Dataset entries:
• • •
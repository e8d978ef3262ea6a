ghost use Rattle.std.specs.Prelude.{◌≡◌, IfOk};
ghost use Rattle.plc_base.specs.Least.{broken_if, least};
ghost use Rattle.block_layout.specs.SettingFaults.{rule_of_setting_fault, setting_breaks};
ghost use Rattle.block_layout.specs.Paths.{folded_path};
ghost use Rattle.block_layout.specs.Settings.{in_settings, on_settings};

use crate::beyond::leaves_structure;
use crate::blocks::BlockLayout;
use crate::paths::Path;
use crate::routes::{setting_structure, walk_setting};
use crate::rules::rule_41::misfits;
use plc_base::{Refusal, broken_if, lesser, try_least_of};
use std::alloc::{AllocError, Global};
use stl_ast::{Block, Setting};

/// What a setting can break: its value doesn't fit, or an index is outside its array.
#[derive(Clone, Copy, Debug, PartialEq, Eq)]
pub(crate) enum SettingFault {
    UnfitValue,
    OutsideIndex,
}

fn breaks(
    layouts: &[BlockLayout],
    which: SettingFault,
    block: usize,
    setting: &Setting,
    path: &Path,
) -> bool
    requires { path.now ≡ folded_path setting.now.path }
    ensures { result ≡ setting_breaks layouts.now which block setting.now }
{
    match which {
        SettingFault::UnfitValue => {
            let target = walk_setting(layouts, block, path.steps());
            misfits(layouts, &setting.value, target)
        }
        SettingFault::OutsideIndex => {
            leaves_structure(layouts, setting_structure(layouts, block), path.steps())
        }
    }
}

fn rule_of(which: SettingFault) -> u16
    ensures { result ≡ rule_of_setting_fault which }
{
    match which {
        SettingFault::UnfitValue => 41,
        SettingFault::OutsideIndex => 42,
    }
}

fn refusal_of_setting(
    alloc: Global,
    layouts: &[BlockLayout],
    which: SettingFault,
    block: usize,
    setting: &Setting,
) -> Result<Option<Refusal>, AllocError>
    ensures { IfOk result (λ r. r
        ≡ least (broken_if (setting_breaks layouts.now which block setting.now)
        setting.now.line (rule_of_setting_fault which))) }
{
    let path = Path::new(alloc, setting.path.as_slice())?;
    let breaks = breaks(layouts, which, block, setting, &path);
    Ok(broken_if(breaks, setting.line, rule_of(which)))
}

fn least_in_settings(
    alloc: Global,
    layouts: &[BlockLayout],
    which: SettingFault,
    block: usize,
    settings: &[Setting],
) -> Result<Option<Refusal>, AllocError>
    ensures { IfOk result (λ r. r
        ≡ least (in_settings (setting_breaks layouts.now which block)
        (rule_of_setting_fault which) settings.now)) }
{
    try_least_of(settings, |setting: &Setting| {
        refusal_of_setting(alloc, layouts, which, block, setting)
    })
}

/// The least refusal of settings by what they break.
pub(crate) fn least_of_settings(
    alloc: Global,
    layouts: &[BlockLayout],
    which: SettingFault,
    blocks: &[Block],
) -> Result<Option<Refusal>, AllocError>
    ensures { IfOk result (λ r. r
        ≡ least
        (on_settings (setting_breaks layouts.now which)
        (rule_of_setting_fault which) 0 blocks.now)) }
{
    let mut found = None;
    for i in 0..blocks.len() {
        let settings = blocks[i].settings.as_slice();
        let one = least_in_settings(alloc, layouts, which, i, settings)?;
        found = lesser(found, one);
    }
    Ok(found)
}
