ghost use Rattle.std.specs.Prelude.{ℕ, List, Option};
ghost use Rattle.plc_io.specs.Moments.{SinkAt};
ghost use Rattle.plc_io.specs.SinkBytes.{WroteText};
ghost use Rattle.s7_cli.specs.Command.{Command};
ghost use Rattle.s7_cli.specs.Ends.{EndsWithStatus, EndsWithOutcome, sink_moments};
ghost use Rattle.s7_cli.specs.Inner.{AreOutputs, ComesBeforeLine, CommandComesTo, IsOutput, LineWritten, TextWritten, written_file};
ghost use Rattle.s7_cli.specs.Lines.{line_of_failure};
ghost use Rattle.s7_cli.specs.Reading.{Disk, disk_moments};
ghost use Rattle.s7_cli.specs.StatusTable.{StatusTable};

use crate::failures::{ExitStatus, Failure};
use crate::files::write_file;
use crate::listing::law_of_listings;
use crate::texts::failure_line;
use plc_io::{Files, IoFault, Sink, push_all};

/// What `check` writes for a source that is accepted, `recheck` for a certificate that holds, and
/// `compile`, `english`, `german`, `upgrade`, `list` and `bound` behind their files.
pub const OK_LINE: &[u8] = b"OK\n";

/// How a command came out whose text was written so.
pub fn outcome_of_write(outcome: Result<(), IoFault>) -> Result<(), Failure>
    ensures { (before after : SinkAt) (text : List ℕ)
        → WroteText before after text outcome
        → TextWritten text (sink_moments before after) result }
{
    match outcome {
        Ok(()) => Ok(()),
        Err(IoFault::Failed) => Err(Failure::WriteFault),
        Err(IoFault::NoMemory) => Err(Failure::NoMemory),
    }
}

/// Writes a whole text.
pub fn write_text<K: Sink>(out: &mut K, text: &[u8]) -> Result<(), Failure>
    ensures { TextWritten text.now (sink_moments (K.shown out.old) (K.shown out.new)) result }
{
    outcome_of_write(push_all(out, text))
}

/// Makes bytes the whole of a command's output file, and then writes `OK`.
pub fn write_output<F: Files, K: Sink>(
    files: &mut F,
    out: &mut K,
    name: &str,
    bytes: &[u8],
) -> Result<(), Failure>
    ensures { let went = disk_moments (F.shown files.old) (F.shown files.new) in
        let took = sink_moments (K.shown out.old) (K.shown out.new) in
        (c : Command) (contents : List (List ℕ)) → IsOutput c contents name.now bytes.now
        → CommandComesTo c contents went took result }
{
    write_file(files, name, bytes)?;
    write_text(out, OK_LINE)
}

/// A text that is made the whole of an output file.
#[derive(Clone, Copy)]
pub struct Output<'a> {
    pub name: &'a str,
    pub bytes: &'a [u8],
}

/// Makes texts the whole of a command's two output files, the first one first, and then writes
/// `OK`.
pub fn write_outputs<F: Files, K: Sink>(
    files: &mut F,
    out: &mut K,
    first: &Output<'_>,
    second: &Output<'_>,
) -> Result<(), Failure>
    ensures { let went = disk_moments (F.shown files.old) (F.shown files.new) in
        let took = sink_moments (K.shown out.old) (K.shown out.new) in
        (c : Command) (contents : List (List ℕ))
        → AreOutputs c contents (written_file first.now) (written_file second.now)
        → CommandComesTo c contents went took result }
{
    write_file(files, first.name, first.bytes)?;
    write_file(files, second.name, second.bytes)?;
    write_text(out, OK_LINE)
}

/// Writes the line of a failure, if it has one, and answers the failure, or that of the writing.
fn say<K: Sink>(out: &mut K, failure: Failure) -> Failure
    ensures { LineWritten (line_of_failure failure) failure
        (sink_moments (K.shown out.old) (K.shown out.new)) result }
{
    let Some(line) = failure_line(failure) else {
        return failure;
    };
    match write_text(out, line.as_slice()) {
        Ok(()) => failure,
        Err(fault) => fault,
    }
}

/// Writes the line of a command's failure, where it came out with one.
fn finish<K: Sink>(out: &mut K, came: Result<(), Failure>) -> Result<(), Failure>
    ensures { (c : Option Command) (d : Disk) (start : SinkAt)
        → ComesBeforeLine c d (sink_moments start (K.shown out.old)) came
        → EndsWithOutcome c d (sink_moments start (K.shown out.new)) result }
{
    match came {
        Ok(()) => Ok(()),
        Err(failure) => Err(say(out, failure)),
    }
}

/// Ends a command, whose failure isn't written yet.
pub fn end_command<K: Sink>(out: &mut K, came: Result<(), Failure>) -> ExitStatus
    ensures ends { (c : Option Command) (d : Disk) (start : SinkAt)
        → ComesBeforeLine c d (sink_moments start (K.shown out.old)) came
        → EndsWithStatus c d (sink_moments start (K.shown out.new)) result.code }
    ensures table { (c : Option Command) (d : Disk) (start : SinkAt)
        → ComesBeforeLine c d (sink_moments start (K.shown out.old)) came
        → StatusTable c d (sink_moments start (K.shown out.new)) result.code }
{
    // a source has one meaning or one refusal, and one translation or one violation
    sem_kept::laws::law_of_sources();
    de_mnemonics::law_of_translations();
    stack_bound::laws::certificates_keep_stacks();
    law_of_listings();
    ExitStatus::of(finish(out, came))
}
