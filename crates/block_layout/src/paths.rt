ghost use Rattle.std.specs.Prelude.{◌≡◌, ◌∷◌, ◌++◌, IfOk};
ghost use Rattle.block_layout.specs.Paths.{folded_path, folded_step};
ghost use Rattle.stl_ast.specs.declared.blocks.PathStep.{PathStep};
ghost use Rattle.stl_ast.specs.declared.blocks.PathStep.TheVariants.{Named};
ghost use Rattle.plc_base.specs.Folding.{upper_case_name};

use std::alloc::{AllocError, Global};
use std::marker::Model;
use stl_ast::{Name, PathStep};

/// A path as it is followed: its names are in upper case. Contracts see its steps.
#[derive(Drop)]
pub struct Path {
    steps: Vec<PathStep>,
}

impl Model for Path {
    ghost use Rattle.std.specs.Prelude.{List};
    ghost use Rattle.stl_ast.specs.declared.blocks.PathStep.{PathStep};

    ghost Value = { List PathStep };

    ghost view = { λ p. p.steps.items };
}

fn named_step(alloc: Global, name: &Name) -> Result<PathStep, AllocError>
    ensures { IfOk result (λ s. s ≡ Named (upper_case_name name.now)) }
{
    let upper = name.as_bytes().to_ascii_uppercase(alloc)?;
    Ok(PathStep::Named {
        name: Name::from_vec(upper),
    })
}

fn folded_step(alloc: Global, step: &PathStep) -> Result<PathStep, AllocError>
    ensures { IfOk result (λ s. s ≡ folded_step step.now) }
{
    match step {
        PathStep::Named { name } => named_step(alloc, name),
        PathStep::Index { at } => Ok(PathStep::Index { at: *at }),
    }
}

/// Adds the steps of a path of the source.
fn add_steps(alloc: Global, path: &[PathStep], steps: &mut Vec<PathStep>) -> Result<(), AllocError>
    ensures { IfOk result (λ _. steps.new.items ≡ steps.old.items ++ folded_path path.now) }
{
    for step in path {
        steps.push(folded_step(alloc, step)?)?;
    }
    Ok(())
}

impl Path {
    /// The path of these steps of the source.
    pub fn new(alloc: Global, path: &[PathStep]) -> Result<Self, AllocError>
        ensures { IfOk result (λ p. p ≡ folded_path path.now) }
    {
        let mut steps = Vec::with_capacity(alloc, path.len())?;
        add_steps(alloc, path, &mut steps)?;
        Ok(Path { steps })
    }

    /// The path that begins with a name.
    pub fn behind(alloc: Global, name: &Name, path: &[PathStep]) -> Result<Self, AllocError>
        ensures { IfOk result (λ p. p ≡ folded_path (Named name.now ∷ path.now)) }
    {
        let mut steps = Vec::new(alloc);
        steps.push(named_step(alloc, name)?)?;
        add_steps(alloc, path, &mut steps)?;
        Ok(Path { steps })
    }

    /// The steps.
    pub fn steps(&self) -> &[PathStep]
        ensures { result.now ≡ self.now }
    {
        self.steps.as_slice()
    }
}
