ghost use Rattle.std.specs.Prelude.{◌≡◌, ◌≤◌, length};
ghost use Rattle.plc_base.specs.S5Time.{s5time_of_ms};
ghost use Rattle.block_layout.specs.Fits.{
  bits_of,
  fits_elementary_type,
  fits_binary,
  fits_characters,
  fits_decimal,
  fits_word,
  is_bool_type,
  is_byte_type,
  is_dint_type,
  is_dword_type,
  is_s5time_type,
  is_time_type,
  is_word_type,
  number_from,
  number_or_zero,
  twos_complement_bits,
};

use plc_base::{s5time_of_ms, unsigned_to_bcd};
use stl_ast::{Literal, Simple};

fn fits_decimal(value: i32, kind: Simple) -> bool
    ensures { result ≡ fits_decimal value kind }
{
    match kind {
        Simple::Int => value >= -32768 && value <= 32767,
        Simple::Word => value >= 0 && value <= 65535,
        Simple::Byte => value >= 0 && value <= 255,
        _ => false,
    }
}

fn fits_binary(value: u32, kind: Simple) -> bool
    ensures { result ≡ fits_binary value kind }
{
    match kind {
        Simple::Byte => value <= 255,
        Simple::Word => value <= 65535,
        Simple::Dword => true,
        _ => false,
    }
}

fn fits_word(value: u16, kind: Simple) -> bool
    ensures { result ≡ fits_word value kind }
{
    match kind {
        Simple::Byte => value <= 255,
        Simple::Word => true,
        _ => false,
    }
}

fn fits_characters(count: usize, kind: Simple) -> bool
    ensures { result ≡ fits_characters count kind }
{
    match kind {
        Simple::Char => count == 1,
        Simple::Word => count == 2,
        Simple::Dword => count == 4,
        _ => false,
    }
}

/// Whether a constant fits an elementary type: as the initial value of a component, as an actual
/// parameter, and as the constant of AW, OW, XOW, AD, OD and XOD.
#[tactic(auto, unfolding(crate::specs::Fits::fits_elementary_type))]
pub fn fits(value: &Literal, kind: Simple) -> bool
    ensures { result ≡ fits_elementary_type value.now kind }
{
    match value {
        Literal::Truth { .. } => matches!(kind, Simple::Bool),
        Literal::Number { value } => fits_decimal(*value, kind),
        Literal::Binary { value } => fits_binary(*value, kind),
        Literal::Byte { .. } => matches!(kind, Simple::Byte),
        Literal::Word { value } => fits_word(*value, kind),
        Literal::Dword { .. } => matches!(kind, Simple::Dword | Simple::Dint),
        Literal::Long { .. } => matches!(kind, Simple::Dint),
        Literal::Count { .. } => matches!(kind, Simple::Word),
        Literal::Time { .. } => matches!(kind, Simple::Time),
        Literal::S5time { .. } => matches!(kind, Simple::S5time | Simple::Word),
        Literal::Characters { bytes } => fits_characters(bytes.as_slice().len(), kind),
        Literal::Bytes { .. } => false,
    }
}

/// Two's complement of 16 bits.
fn low_word_bits(value: i32) -> u32
    ensures { result ≡ twos_complement_bits 16 value }
{
    if value >= 0 {
        value as u32
    } else {
        65_536u32.saturating_sub(value.unsigned_abs())
    }
}

/// Two's complement of 32 bits.
fn dword_bits(value: i32) -> u32
    ensures { result ≡ twos_complement_bits 32 value }
{
    if value >= 0 {
        value as u32
    } else {
        (4_294_967_296 - value.unsigned_abs() as u64) as u32
    }
}

/// One to four bytes as a number, the first one the highest.
fn number_from(bytes: &[u8]) -> u32
    requires { length bytes.now ≤ 4 }
    ensures { result ≡ number_from 0 bytes.now }
{
    let mut number = 0;
    for b in bytes {
        number = 256 * number + *b as u32;
    }
    number
}

/// The bits of a constant in a component of a type that it fits.
#[tactic(auto, unfolding(crate::specs::Fits::bits_of))]
pub fn bits_of(value: &Literal) -> u32
    ensures { result ≡ bits_of value.now }
{
    match value {
        Literal::Truth { value } => *value as u32,
        Literal::Number { value } => low_word_bits(*value),
        Literal::Binary { value } | Literal::Dword { value } => *value,
        Literal::Byte { value } => *value as u32,
        Literal::Word { value } => *value as u32,
        Literal::Long { value } => dword_bits(*value),
        Literal::Count { value } => unsigned_to_bcd(*value as u32, 3),
        Literal::Time { ms } => dword_bits(*ms),
        Literal::S5time { ms } => s5time_word(*ms),
        Literal::Characters { bytes } | Literal::Bytes { bytes } => number_from(bytes.as_slice()),
    }
}

/// The S5TIME of so many milliseconds, 0 where they are too many.
fn s5time_word(ms: u32) -> u32
    ensures { result ≡ number_or_zero (s5time_of_ms ms) }
{
    match s5time_of_ms(ms) {
        Ok(word) => word as u32,
        Err(_) => 0,
    }
}
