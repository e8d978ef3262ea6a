//! What the files of a watch hold, checked.
ghost use Rattle.std.specs.Prelude.{◌≡◌, ℕ, ◌≤◌, length, map, IfErr, IfOk, Ok};
ghost use Rattle.event_text.specs.Regular.{IsRegularOf};
ghost use Rattle.event_text.specs.WatchedVars.{watched_vars_of};
ghost use Rattle.s7_cli.specs.Inner.{SaysRefusal};
ghost use Rattle.s7_cli.specs.WatchTexts.{FindsWatch, IsWatchText, AreVarsRefused, WatchTextSays};
ghost use Rattle.s7_cli.specs.Watching.{read_entry_of};

use crate::command_checks::{check_scripts, loaded_image};
use crate::failures::{Failure, File, failure_of_text};
use crate::watch_files::WatchText;
use event_text::{read_stimuli, read_watched_vars};
use flat_code::Names;
use image_file::Loaded;
use std::alloc::Global;
use var_access::{Entry, Vars};

/// A program, the lists of the workers of a watch, and the variables that are watched.
#[derive(Drop)]
pub struct WatchWork {
    pub program: Loaded,
    pub stimuli: Vec<Entry>,
    pub vars: Vars,
    pub scripts: Vec<Vec<Entry>>,
}

/// Checks the variables of a watch, with the names of a program.
fn check_vars(bytes: &[u8], names: &Names) -> Result<Vars, Failure>
    requires { length bytes.now ≤ 1048576 }
    ensures spells { IfOk result (λ vars. watched_vars_of names.now bytes.now ≡ Ok vars) }
    ensures regular { IfOk result (λ vars. IsRegularOf 6 (read_entry_of 6 vars)) }
    ensures refused { IfErr result (AreVarsRefused (watched_vars_of names.now bytes.now)) }
{
    match read_watched_vars(bytes, names) {
        Ok(vars) => Ok(vars),
        Err(refusal) => Err(Failure::Refused {
            file: File::Vars,
            refusal,
        }),
    }
}

/// Checks an image, then stimuli, the variables, and the scripts in their order; variables and
/// scripts may name those whose names stand in the image.
pub fn check_watch(alloc: Global, text: &WatchText) -> Result<WatchWork, Failure>
    requires { IsWatchText text.now }
    ensures finds { IfOk result (λ w. FindsWatch text.now w.program w.stimuli.items w.vars
        (map (λ x. x.items) w.scripts.items)) }
    ensures refused { (steps : ℕ) → SaysRefusal (WatchTextSays steps text.now) result }
{
    let program = loaded_image(alloc, &text.image)?;
    let stimuli = match read_stimuli(alloc, &text.stimuli) {
        Ok(entries) => entries,
        Err(fault) => return Err(failure_of_text(File::Stimuli, fault)),
    };
    let vars = check_vars(&text.vars, program.names())?;
    let scripts = check_scripts(alloc, &text.scripts, program.names())?;
    Ok(WatchWork {
        program,
        stimuli,
        vars,
        scripts,
    })
}
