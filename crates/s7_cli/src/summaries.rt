ghost use Rattle.std.specs.Prelude.{◌≡◌, ◌≤◌, ◌<◌, ◌+◌, ◌^◌, ◌++◌, length, map, sum as sum_of};
ghost use Rattle.std.specs.List.{range_with_len};
ghost use Rattle.controller.specs.ReplayResult.{final_state};
ghost use Rattle.s7_cli.specs.GenText.{bit_memory_sum, memory_byte, mode_words, sum_of_eight, summary_of};

use controller::Controller;
use monitor::Line;
use plc_base::{Area, Mode, Place, Width};
use var_access::{Reply, Request, Var, Vars};

/// A byte of bit memory.
fn memory_byte(byte: u16) -> Var
    ensures { result ≡ memory_byte byte }
{
    Var {
        place: Place {
            number: 0,
            byte,
            area: Area::M,
            bit: 0,
        },
        width: Width::Byte,
    }
}

/// Eight bytes of bit memory, from this one on.
fn eight_bytes(first: u16) -> Vars
    requires { first ≤ 248 }
    ensures { result ≡ map memory_byte (range_with_len first 8) }
{
    let mut vars = Vars::new();
    for byte in first..first + 8 {
        vars.push(memory_byte(byte));
    }
    vars
}

/// The numbers, added up.
fn sum(numbers: &[u32]) -> u64
    requires { length numbers.now ≤ 8 }
    ensures value { result ≡ sum_of numbers.now }
    ensures small { result < 2 ^ 36 }
{
    let mut sum = 0;
    for number in numbers {
        sum += u64::from(*number);
    }
    sum
}

/// What eight bytes of bit memory hold, from this one on, added up.
fn sum_of_eight(controller: &Controller, first: u16) -> u64
    requires { first ≤ 248 }
    ensures value { result ≡ sum_of_eight (final_state controller.now) first }
    ensures small { result < 2 ^ 36 }
{
    controller.law_of_memory();
    match controller.answer(&Request::ReadVars {
        vars: eight_bytes(first),
    }) {
        Reply::Values { values } => sum(values.as_slice()),
        _ => unreachable!(),
    }
}

/// What the bytes MB 0 to MB 255 hold, added up.
fn bit_memory_sum(controller: &Controller) -> u64
    ensures { result ≡ bit_memory_sum (final_state controller.now) }
{
    let mut sum = 0;
    for part in 0..32 {
        sum += sum_of_eight(controller, 8 * part);
    }
    sum
}

/// Appends a mode; a stop's with its cause.
#[tactic(auto, unfolding(crate::specs::GenText::mode_words))]
fn add_mode(line: &mut Line, mode: Mode)
    requires { length line.old + 45 ≤ 256 }
    ensures value { line.new ≡ line.old ++ mode_words mode }
    ensures len { length line.new ≤ length line.old + 45 }
{
    match mode {
        Mode::Run => line.add(b"RUN"),
        Mode::Startup => line.add(b"STARTUP"),
        Mode::Stop { cause, .. } => {
            line.add(b"STOP ");
            line.add_number(u64::from(cause));
        }
    }
}

/// The line `GEN NUMBER ENTRIES e MODE m SUM s` of a controller behind its history: how many
/// entries that has, the mode, and what the bytes MB 0 to MB 255 hold, added up.
#[tactic(auto, unfolding(crate::specs::GenText::summary_of))]
pub(crate) fn summary_line(number: u32, controller: &Controller) -> Line
    ensures { result
        ≡ summary_of number (length controller.now.history) (final_state controller.now) }
{
    let mut line = Line::new();
    line.add(b"GEN ");
    line.add_number(u64::from(number));
    line.add(b" ENTRIES ");
    line.add_number(controller.history_len());
    line.add(b" MODE ");
    add_mode(&mut line, controller.mode());
    line.add(b" SUM ");
    line.add_number(bit_memory_sum(controller));
    line.add(b"\n");
    line
}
• • •
For every line of the records that has the word "whole" in it, make a copy.

/// Writes a whole text.
/// Makes bytes the whole of a command's output file, and then writes `OK`.
/// A text that is made the whole of an output file.
/// Makes texts the whole of a command's two output files, the first one first, and then writes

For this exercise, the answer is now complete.